# Bellator XIV Fighting Championships



## DragonHorse (Apr 14, 2010)

Anyone going to see the Bellator XIV Fighting Championships?? I was just going to just watch it on tv but I found this sweet discount code to get 30% off tickets and I just couldn't pass it up. Also figured I'd share the info for anyone else interested.. All you have to do is type in the promo code : TMMMA when purchasing tickets here: http://www.thechicagotheatre.com/tickets/promotion.html?p_id=TMMMA


----------



## DragonHorse (Apr 21, 2010)

Nobody watched it?? It was great! and I found some great pictures of it here http://msg.com/photos/exclusive-bellator-xiv-photos/


----------



## Brian R. VanCise (Apr 21, 2010)

I have been watching them on tv and enjoying the fights.  Definitely some good matches so far!


----------



## MJS (May 9, 2010)

Caught this on TV last week, while at work.  Looked pretty good.


----------



## MattJ (May 10, 2010)

I watched them last night. Very impressed with Toby Imada - that guy has some excellent submissions, proving that the inverted triangle thing was not a fluke. I was less impressed with Eddie Alvarez. He seemed to be having some problems with Neer, although he did pull out the win in the end. Pat Curran impressed the heck out of me, and I always liked Jeff Curran (thought Jeff got a raw deal getting cut from the WEC). Pat brought it to Roger Huerta, and clearly won the first 2 rounds, with Roger staging a good comeback in the 3rd. 

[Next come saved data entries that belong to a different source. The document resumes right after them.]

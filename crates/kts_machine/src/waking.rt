ghost use Rattle.std.specs.Prelude.{◌≡◌, ◌<◌, true};
ghost use Rattle.kts_code.specs.Queues.{woken, queued};
ghost use Rattle.kts_code.specs.Setups.{setup_of};
ghost use Rattle.kts_index.specs.Pairs.{pairs};
ghost use Rattle.kts_machine.specs.KeptReaders.{AreReaders};
ghost use Rattle.kts_mean.specs.Bounds.{AreOffsets};
ghost use Rattle.kts_spec.specs.Data.{is_valid, task_count};
ghost use Rattle.kts_spec.specs.Places.{cell_count};
ghost use Rattle.kts_spec.specs.Worlds.{world_of};

use crate::offsets::Offsets;
use crate::queue::Queue;
use crate::up_to_two::UpToTwo;
use kts_base::List;
use kts_code::Code;
use kts_spec::Instance;

/// Wakes the tasks that read a cell.
#[inline(always)]
pub fn wake(
    queue: &mut Queue,
    readers: &List<List<u32>>,
    code: &Code,
    inst: &Instance,
    offsets: &Offsets,
    k: usize,
)
    requires readers { AreReaders code.now inst.now readers.now }
    requires valid { is_valid code.now.schema inst.now ≡ true }
    requires offsets { AreOffsets (world_of code.now.schema inst.now) offsets.now }
    requires within { k < cell_count (world_of code.now.schema inst.now) code.now.schema.choices }
    requires tasks { queue.old.count ≡ task_count (world_of code.now.schema inst.now) code.now.schema.tasks }
    ensures { queue.new ≡ record queue.old { waiting = woken (setup_of code.now inst.now) k queue.old.waiting } }
{
    if code.index().patterns().as_slice().is_empty() {
        return;
    }
    let lists = readers.as_slice();
    if k < lists.len() {
        queue.wake_all(lists[k].as_slice());
        return;
    }
    wake_tasks(queue, code, inst, offsets, k);
}

#[inline(never)]
fn wake_tasks(queue: &mut Queue, code: &Code, inst: &Instance, offsets: &Offsets, k: usize)
    requires valid { is_valid code.now.schema inst.now ≡ true }
    requires offsets { AreOffsets (world_of code.now.schema inst.now) offsets.now }
    requires within { k < cell_count (world_of code.now.schema inst.now) code.now.schema.choices }
    requires tasks { queue.old.count ≡ task_count (world_of code.now.schema inst.now) code.now.schema.tasks }
    ensures { queue.new ≡ record queue.old { waiting = woken (setup_of code.now inst.now) k queue.old.waiting } }
{
    let (x, tuple) = offsets.owner(code.schema(), inst, k);
    let choice = x as u32;
    match tuple {
        UpToTwo::Zero => wake_readers(queue, code, inst, choice, &[]),
        UpToTwo::One(member) => wake_readers(queue, code, inst, choice, &[member]),
        UpToTwo::Two(first, last) => wake_readers(queue, code, inst, choice, &[first, last]),
    }
}

fn wake_readers(queue: &mut Queue, code: &Code, inst: &Instance, choice: u32, tuple: &[usize])
    requires valid { is_valid code.now.schema inst.now ≡ true }
    requires tasks { queue.old.count ≡ task_count (world_of code.now.schema inst.now) code.now.schema.tasks }
    ensures { queue.new ≡ record queue.old { waiting = queued (pairs code.now.index code.now.schema inst.now choice tuple.now) queue.old.waiting } }
{
    queue.wake(code.index().tasks_of(code.schema(), inst, choice, tuple));
}
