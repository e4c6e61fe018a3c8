ghost use Rattle.std.specs.Prelude.{◌≡◌, ◌<◌, ℕ, slice_index, slice_index_or, slice_set, Some, None, IfSome};
ghost use Rattle.kts_base.specs.Limits.{most_members, most_variables};
ghost use Rattle.kts_code.specs.Queues.{registers_of};
ghost use Rattle.kts_code.specs.States.{no_registers};
ghost use Rattle.kts_machine.specs.SmallMembers.{IsSmall};

use kts_base::MAX_VARIABLES;
use std::marker::Model;

/// The registers, each with the number of an index and one of its members, or unset.
#[derive(Drop)]
pub struct Registers {
    slots: [Option<(u32, u32)>; MAX_VARIABLES],
}

impl Model for Registers {
    ghost use Rattle.std.specs.Prelude.{ℕ, List, Option};

    ghost Value = { List (Option (ℕ × ℕ)) };

    ghost view = { λ r. r.slots };

    ghost use Rattle.kts_machine.specs.SmallMembers.{AreSmall};

    ghost invariant = { λ r. AreSmall r.slots };
}

impl Registers {
    /// All unset.
    pub fn new() -> Registers
        ensures { result ≡ no_registers }
    {
        Registers {
            slots: [None; MAX_VARIABLES],
        }
    }

    /// The same registers.
    #[inline(always)]
    pub fn copy(&self) -> Registers
        ensures { result ≡ self.now }
    {
        Registers { slots: self.slots }
    }

    #[inline(always)]
    pub fn get(&self, r: usize) -> Option<(u32, usize)>
        requires { r < most_variables }
        ensures value { result ≡ slice_index_or self.now r None }
        ensures small { IfSome result (λ x. x.1 < most_members) }
    {
        let slots = &self.slots;
        match slots[r] {
            Some((index, member)) => Some((index, member as usize)),
            None => None,
        }
    }

    #[inline(always)]
    pub fn set(&mut self, r: usize, index: u32, member: usize)
        requires register { r < most_variables }
        requires small { member < most_members }
        ensures { self.new ≡ slice_set self.old r (Some (index, member)) }
    {
        self.slots[r] = Some((index, member as u32));
    }

    #[inline(always)]
    pub fn unset(&mut self, r: usize)
        requires { r < most_variables }
        ensures { self.new ≡ slice_set self.old r None }
    {
        self.slots[r] = None;
    }

    pub fn clear(&mut self)
        ensures { self.new ≡ no_registers }
    {
        self.slots = [None; MAX_VARIABLES];
    }

    /// The members of a tuple with their indexes, the others unset.
    pub fn fill(&mut self, prefix: &[u32], tuple: &[usize])
        requires { (k : ℕ) → slice_index tuple.now k < most_members }
        ensures { self.new ≡ registers_of most_variables prefix.now tuple.now }
    {
        let mut slots = [None; MAX_VARIABLES];
        for r in 0..MAX_VARIABLES {
            slots[r] = register_at(prefix, tuple, r);
        }
        self.slots = slots;
    }
}

#[tactic(auto, using(crate::proofs::RegisterLists::at_register, std::proofs::lemmas::Option::gets))]
fn register_at(prefix: &[u32], tuple: &[usize], r: usize) -> Option<(u32, u32)>
    requires register { r < most_variables }
    requires small { (k : ℕ) → slice_index tuple.now k < most_members }
    ensures value { result ≡ slice_index_or (registers_of most_variables prefix.now tuple.now) r None }
    ensures small { IsSmall result }
{
    if r < prefix.len() && r < tuple.len() {
        Some((prefix[r], tuple[r] as u32))
    } else {
        None
    }
}
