ghost use Rattle.std.specs.Prelude.{◌≡◌, ◌<◌, [], false, length, drop, replicate, All, IfOk, IfSome, slice_get};
ghost use Rattle.std.specs.List.{range_with_len};
ghost use Rattle.kts_code.specs.Queues.{queued};
ghost use Rattle.kts_machine.specs.TaskQueues.{TaskQueue, IsBelow, AreDistinct, with_task};

use circular_buffer::HeapCircularBuffer;
use kts_base::NoMemory;
use kts_index::Tasks;
use std::alloc::Global;
use std::marker::Model;

/// The tasks that wait, the one that has waited longest first. Only `open` takes memory.
#[derive(Drop)]
pub struct Queue {
    ring: HeapCircularBuffer<usize>,
    /// Whether each task is in the ring.
    marks: Vec<bool>,
}

impl Model for Queue {
    ghost use Rattle.std.specs.Prelude.{length};
    ghost use Rattle.kts_machine.specs.TaskQueues.{TaskQueue, IsMarked};

    ghost Value = { TaskQueue };

    ghost view = { λ q. record { count = length q.marks.items; waiting = q.ring.items } };

    ghost invariant = { λ q. IsMarked q.marks.items q.ring.items q.ring.capacity };
}

impl Queue {
    /// An empty queue of so many tasks.
    pub fn open(alloc: Global, count: usize) -> Result<Queue, NoMemory>
        ensures { IfOk result (λ q. q ≡ record { count = count; waiting = [] }) }
    {
        let ring = match HeapCircularBuffer::with_capacity(alloc, count.max(1)) {
            Ok(ring) => ring,
            Err(_) => return Err(NoMemory),
        };
        let marks = unmarked(alloc, count)?;
        Ok(Queue { ring, marks })
    }

    /// Puts a task at the end, where it doesn't wait already.
    pub fn push(&mut self, task: usize)
        requires { task < self.old.count }
        ensures { self.new ≡ with_task task self.old }
    {
        if self.marks[task] {
            return;
        }
        self.marks[task] = true;
        self.ring.push_back(task);
    }

    /// Takes the task that has waited longest.
    pub fn pop(&mut self) -> Option<usize>
        ensures value { result ≡ slice_get self.old.waiting 0 }
        ensures below { IfSome result (λ task. task < self.old.count) }
        ensures rest { self.new ≡ record self.old { waiting = drop 1 self.old.waiting } }
    {
        match self.ring.pop_front() {
            Some(task) => {
                self.marks[task] = false;
                Some(task)
            }
            None => None,
        }
    }

    /// Takes all tasks. It costs as much as they are.
    pub fn clear(&mut self)
        ensures { self.new ≡ record self.old { waiting = [] } }
    {
        while self.pop().is_some() {}
    }

    /// Puts all tasks into an empty queue, rising.
    pub fn fill(&mut self)
        requires { self.old.waiting ≡ [] }
        ensures { self.new ≡ record self.old { waiting = range_with_len 0 self.old.count } }
    {
        for task in 0..self.marks.len() {
            self.push(task);
        }
    }

    /// The task that has waited longest.
    #[inline(always)]
    pub fn first(&self) -> Option<usize>
        ensures { result ≡ slice_get self.now.waiting 0 }
    {
        match self.ring.front() {
            Some(task) => Some(*task),
            None => None,
        }
    }

    /// Puts these tasks at the end, but for those that wait already.
    #[inline(never)]
    pub fn wake_all(&mut self, tasks: &[u32])
        requires below { All (IsBelow self.old.count) tasks.now }
        requires distinct { AreDistinct tasks.now }
        ensures { self.new ≡ record self.old { waiting = queued tasks.now self.old.waiting } }
    {
        for task in tasks {
            self.push(*task as usize);
        }
    }

    /// Puts tasks at the end, but for those that wait already.
    pub fn wake(&mut self, tasks: Tasks)
        requires below { All (IsBelow self.old.count) tasks }
        requires distinct { AreDistinct tasks }
        ensures { self.new ≡ record self.old { waiting = queued tasks.entry self.old.waiting } }
    {
        for task in tasks {
            self.push(task as usize);
        }
    }
}

fn unmarked(alloc: Global, count: usize) -> Result<Vec<bool>, NoMemory>
    ensures { IfOk result (λ marks. marks.items ≡ replicate count false) }
{
    let mut marks = Vec::new(alloc);
    for _ in 0..count {
        match marks.push(false) {
            Ok(()) => {}
            Err(_) => return Err(NoMemory),
        }
    }
    Ok(marks)
}
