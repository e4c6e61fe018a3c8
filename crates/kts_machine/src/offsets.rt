ghost use Rattle.std.specs.Prelude.{◌≡◌, ◌<◌, ◌≤◌, ◌+◌, ℕ, length, map, true, Some, slice_get, slice_index};
ghost use Rattle.kts_base.specs.Limits.{most_arguments, most_choices, most_members};
ghost use Rattle.kts_mean.specs.Bounds.{AllIn, AreOffsets};
ghost use Rattle.kts_spec.specs.Data.{is_valid};
ghost use Rattle.kts_spec.specs.Places.{count_of, cell, cell_count, place as place_of};
ghost use Rattle.kts_spec.specs.Schedules.{cells};
ghost use Rattle.kts_spec.specs.Worlds.{world_of, choice_of};
ghost use Rattle.kts_machine.specs.Items.{items_of, positions_of};

use crate::up_to_two::UpToTwo;
use kts_base::MAX_CHOICES;
use kts_spec::{Instance, Schema};
use std::marker::Model;

/// The number of members of an index.
pub fn size(inst: &Instance, index: u32) -> usize
    requires { index < length inst.now.members }
    ensures { result ≡ slice_index (map length inst.now.members) index }
{
    inst.members().as_slice()[index as usize].len()
}

/// The same, and 0 where there is no such index.
pub fn size_or_none(inst: &Instance, index: u32) -> usize
    ensures { result ≡ slice_index (map length inst.now.members) index }
{
    if (index as usize) < inst.members().len() {
        size(inst, index)
    } else {
        0
    }
}

/// How many tuples of members of these indexes there are.
pub fn count_tuples(inst: &Instance, indexes: &[u32]) -> usize
    requires declared { AllIn (length inst.now.members) indexes.now }
    requires few { length indexes.now ≤ most_arguments }
    requires sizes { (i : ℕ) → slice_index (map length inst.now.members) i ≤ most_members }
    ensures { result ≡ count_of (map (slice_index (map length inst.now.members)) indexes.now) }
{
    if indexes.is_empty() {
        return 1;
    }
    let first = size(inst, indexes[0]);
    if indexes.len() == 1 {
        return first;
    }
    first * size(inst, indexes[1])
}

/// The place of a tuple among all tuples of members of these indexes, where it is one.
pub fn place(inst: &Instance, indexes: &[u32], tuple: UpToTwo<usize>) -> Option<usize>
    requires declared { AllIn (length inst.now.members) indexes.now }
    requires sizes { (i : ℕ) → slice_index (map length inst.now.members) i ≤ most_members }
    requires long { length indexes.now ≡ length (items_of tuple) }
    ensures { result ≡ place_of (map (slice_index (map length inst.now.members)) indexes.now) (positions_of tuple) }
{
    match tuple {
        UpToTwo::Zero => Some(0),
        UpToTwo::One(member) => if member < size(inst, indexes[0]) {
            Some(member)
        } else {
            None
        },
        UpToTwo::Two(first, second) => {
            let count = size(inst, indexes[1]);
            if first < size(inst, indexes[0]) && second < count {
                Some(first * count + second)
            } else {
                None
            }
        }
    }
}

/// The tuple at a place.
pub fn tuple_at(inst: &Instance, indexes: &[u32], at: usize) -> UpToTwo<usize>
    requires declared { AllIn (length inst.now.members) indexes.now }
    requires few { length indexes.now ≤ most_arguments }
    requires within { at < count_of (map (slice_index (map length inst.now.members)) indexes.now) }
    ensures { place_of (map (slice_index (map length inst.now.members)) indexes.now) (positions_of result) ≡ Some at }
{
    if indexes.is_empty() {
        return UpToTwo::Zero;
    }
    if indexes.len() == 1 {
        return UpToTwo::One(at);
    }
    let count = size(inst, indexes[1]);
    UpToTwo::Two(at / count, at % count)
}

/// The number of the first cell of each choice.
#[derive(Drop)]
pub struct Offsets {
    first: [usize; MAX_CHOICES],
}

impl Model for Offsets {
    ghost use Rattle.std.specs.Prelude.{ℕ, List};

    ghost Value = { List ℕ };

    ghost view = { λ o. o.first };
}

impl Offsets {
    pub fn of(schema: &Schema, inst: &Instance) -> Offsets
        requires { is_valid schema.now inst.now ≡ true }
        ensures { AreOffsets (world_of schema.now inst.now) result }
    {
        let mut first = [0; MAX_CHOICES];
        let families = schema.choices().as_slice();
        let mut next = 0;
        for (x, family) in families.iter().enumerate() {
            first[x] = next;
            next += count_tuples(inst, family.args().as_slice());
        }
        Offsets { first }
    }

    /// The first cell of a choice.
    pub fn first(&self, x: usize) -> usize
        requires { x < most_choices }
        ensures { result ≡ slice_index self.now x }
    {
        let first = &self.first;
        first[x]
    }

    /// The cell of a choice at these members.
    pub fn cell(
        &self,
        schema: &Schema,
        inst: &Instance,
        x: usize,
        tuple: UpToTwo<usize>,
    ) -> Option<usize>
        requires offsets { AreOffsets (world_of schema.now inst.now) self.now }
        requires valid { is_valid schema.now inst.now ≡ true }
        requires declared { x < length schema.now.choices }
        requires long { length (choice_of (world_of schema.now inst.now) x).args ≡ length (items_of tuple) }
        ensures { result ≡ cell (world_of schema.now inst.now) x (positions_of tuple) }
    {
        let indexes = schema.choices().as_slice()[x].args().as_slice();
        match place(inst, indexes, tuple) {
            Some(at) => Some(self.first(x) + at),
            None => None,
        }
    }

    /// The choice of a cell, and the members at which it is.
    pub fn owner(&self, schema: &Schema, inst: &Instance, k: usize) -> (usize, UpToTwo<usize>)
        requires offsets { AreOffsets (world_of schema.now inst.now) self.now }
        requires valid { is_valid schema.now inst.now ≡ true }
        requires within { k < cell_count (world_of schema.now inst.now) schema.now.choices }
        ensures { slice_get (cells (world_of schema.now inst.now)) k
            ≡ Some (record { choice = result.0; args = items_of result.1; kind = (choice_of (world_of schema.now inst.now) result.0).kind }) }
    {
        let choices = schema.choices().as_slice();
        let mut x = choices.len() - 1;
        while k < self.first(x) {
            x -= 1;
        }
        let indexes = choices[x].args().as_slice();
        (x, tuple_at(inst, indexes, k - self.first(x)))
    }
}
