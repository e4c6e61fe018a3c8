ghost use Rattle.std.specs.Prelude.{◌≡◌, ◌<◌, ◌≤◌, ◌+◌, ℕ, ℤ, List, Option, length, drop, true, Some, IfOk, IfErr};
ghost use Rattle.kts_abs.specs.Cells.{value_of};
ghost use Rattle.kts_abs.specs.Demands.{Suits};
ghost use Rattle.kts_abs.specs.Values.{Abs};
ghost use Rattle.kts_code.specs.HeadSteps.{on_head, on_demand};
ghost use Rattle.kts_code.specs.Operands.{trap};
ghost use Rattle.kts_code.specs.States.{Core};
ghost use Rattle.kts_mean.specs.Bounds.{AreOffsets};
ghost use Rattle.kts_spec.specs.Data.{is_valid};
ghost use Rattle.kts_spec.specs.Places.{cell};
ghost use Rattle.kts_spec.specs.Schemas.{family_at};
ghost use Rattle.kts_spec.specs.Worlds.{world_of, choice_of};
ghost use Rattle.kts_machine.specs.OfKind.{IsOf};
ghost use Rattle.kts_machine.specs.Targets.{setup_with};

use crate::demands::bound;
use crate::offsets::Offsets;
use crate::reads::choice_args;
use crate::stack::Stack;
use kts_abs::{Cell, Op};
use kts_code::{Code, TrapKind};
use kts_spec::{Instance, Schema, ValueType};

/// A cell, the bound of a demand on it, and how many operands have told both.
#[derive(Clone, Copy)]
pub struct Target<const W: usize> {
    pub bound: Cell<W>,
    pub cell: usize,
    pub operands: usize,
}

fn choice_kind(schema: &Schema, x: usize) -> ValueType
    requires { x < length schema.now.choices }
    ensures { result ≡ (family_at schema.now.choices x).kind }
{
    schema.choices().as_slice()[x].kind()
}

/// What the operands on top tell of a demand on a cell of a choice.
pub fn top_target<const W: usize>(
    code: &Code,
    inst: &Instance,
    offsets: &Offsets,
    stack: &Stack<W>,
    op: Op,
    x: u32,
) -> Result<Target<W>, TrapKind>
    requires few_words { W ≤ 1024 }
    requires valid { is_valid code.now.schema inst.now ≡ true }
    requires offsets { AreOffsets (world_of code.now.schema inst.now) offsets.now }
    requires declared { x < length code.now.schema.choices }
    ensures there { IfOk result (λ t. t.operands ≤ length stack.now.items) }
    ensures cell { IfOk result (λ t. (args : List ℤ) × (cell (world_of code.now.schema inst.now) x args ≡ Some t.cell)) }
    ensures bound { IfOk result (λ t. Suits op (value_of t.bound)) }
    ensures suits { IfOk result (λ t. (a : Abs) → IsOf (choice_of (world_of code.now.schema inst.now) x).kind a → Suits op a) }
    ensures ok { IfOk result (λ t. (origin : Option (List Abs)) (s : Core) (space : List Abs) (to : ℕ) → s.stack ≡ stack.now.items
        → on_head (setup_with code.now inst.now origin) s op x to space
        ≡ on_demand (setup_with code.now inst.now origin) s space to (drop t.operands stack.now.items) (op, value_of t.bound) t.cell) }
    ensures err { IfErr result (λ kind. (origin : Option (List Abs)) (s : Core) (space : List Abs) (to : ℕ) → s.stack ≡ stack.now.items
        → on_head (setup_with code.now inst.now origin) s op x to space ≡ trap kind s) }
{
    let schema = code.schema();
    let indexes = choice_args(schema, x as usize);
    if stack.len() < indexes.len() + 1 {
        return Err(TrapKind::Underflow);
    }
    let Some(top) = stack.at(0) else {
        return Err(TrapKind::Underflow);
    };
    let Some(bound) = bound(op, choice_kind(schema, x as usize), &top) else {
        return Err(TrapKind::Kind);
    };
    let Some(tuple) = stack.tuple(indexes) else {
        return Err(TrapKind::Kind);
    };
    let Some(cell) = offsets.cell(schema, inst, x as usize, tuple) else {
        return Err(TrapKind::Kind);
    };
    Ok(Target {
        bound,
        cell,
        operands: indexes.len() + 1,
    })
}
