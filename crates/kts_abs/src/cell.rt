use kts_semi::{Semi, Window};
use kts_sets::Choice;

/// What is known of one cell of a schedule.
#[derive(Clone, Copy, Debug)]
pub enum Cell<const W: usize> {
    /// Of a whole number.
    Win(Window),
    /// Of a member, by its position.
    Mem(Choice<W>),
}

impl<const W: usize> Semi for Cell<W> {
    ghost use Rattle.kts_abs.specs.Cells.{IsValid, is_above, joined, extent};
    ghost use Rattle.kts_abs.specs.CellLaws.{cell_laws};

    ghost Valid = { IsValid };

    ghost le = { is_above };

    ghost joined = { joined };

    ghost extent = { extent };

    ghost laws = { cell_laws };

    fn leq(&self, other: &Self) -> bool {
        match (self, other) {
            (Cell::Win(a), Cell::Win(b)) => a.leq(b),
            (Cell::Mem(a), Cell::Mem(b)) => a.leq(b),
            _ => {
                // A size tells that its cell is valid.
                let _sizes = (self.size(), other.size());
                false
            }
        }
    }

    fn join(&self, other: &Self) -> Option<Self> {
        match (self, other) {
            (Cell::Win(a), Cell::Win(b)) => Some(Cell::Win(a.join(b)?)),
            (Cell::Mem(a), Cell::Mem(b)) => Some(Cell::Mem(a.join(b)?)),
            _ => None,
        }
    }

    fn size(&self) -> u64 {
        match self {
            Cell::Win(a) => a.size(),
            Cell::Mem(a) => a.size(),
        }
    }
}
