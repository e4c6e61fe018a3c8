/// What a definite constraint does to its cell.
#[derive(Clone, Copy, Debug, PartialEq, Eq)]
pub enum Op {
    /// The cell rises to at least the low end of a window.
    AtLeast,
    /// It falls to at most the high end of a window.
    AtMost,
    /// It keeps the members of a set.
    Within,
    /// It loses the member of a set that has no other.
    Without,
}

Much less impressed with the Heavyweights - a gas-fest that would have fit right into the last season of TUF.  LOL

Good stuff, overall.


----------



## MattJ (May 14, 2010)

Anybody see the Joe Warren fight? Wow, fighting that guy must be like fighting a vat of maple syrup. Impressive ability to maintain ZERO distance from the opponent.


----------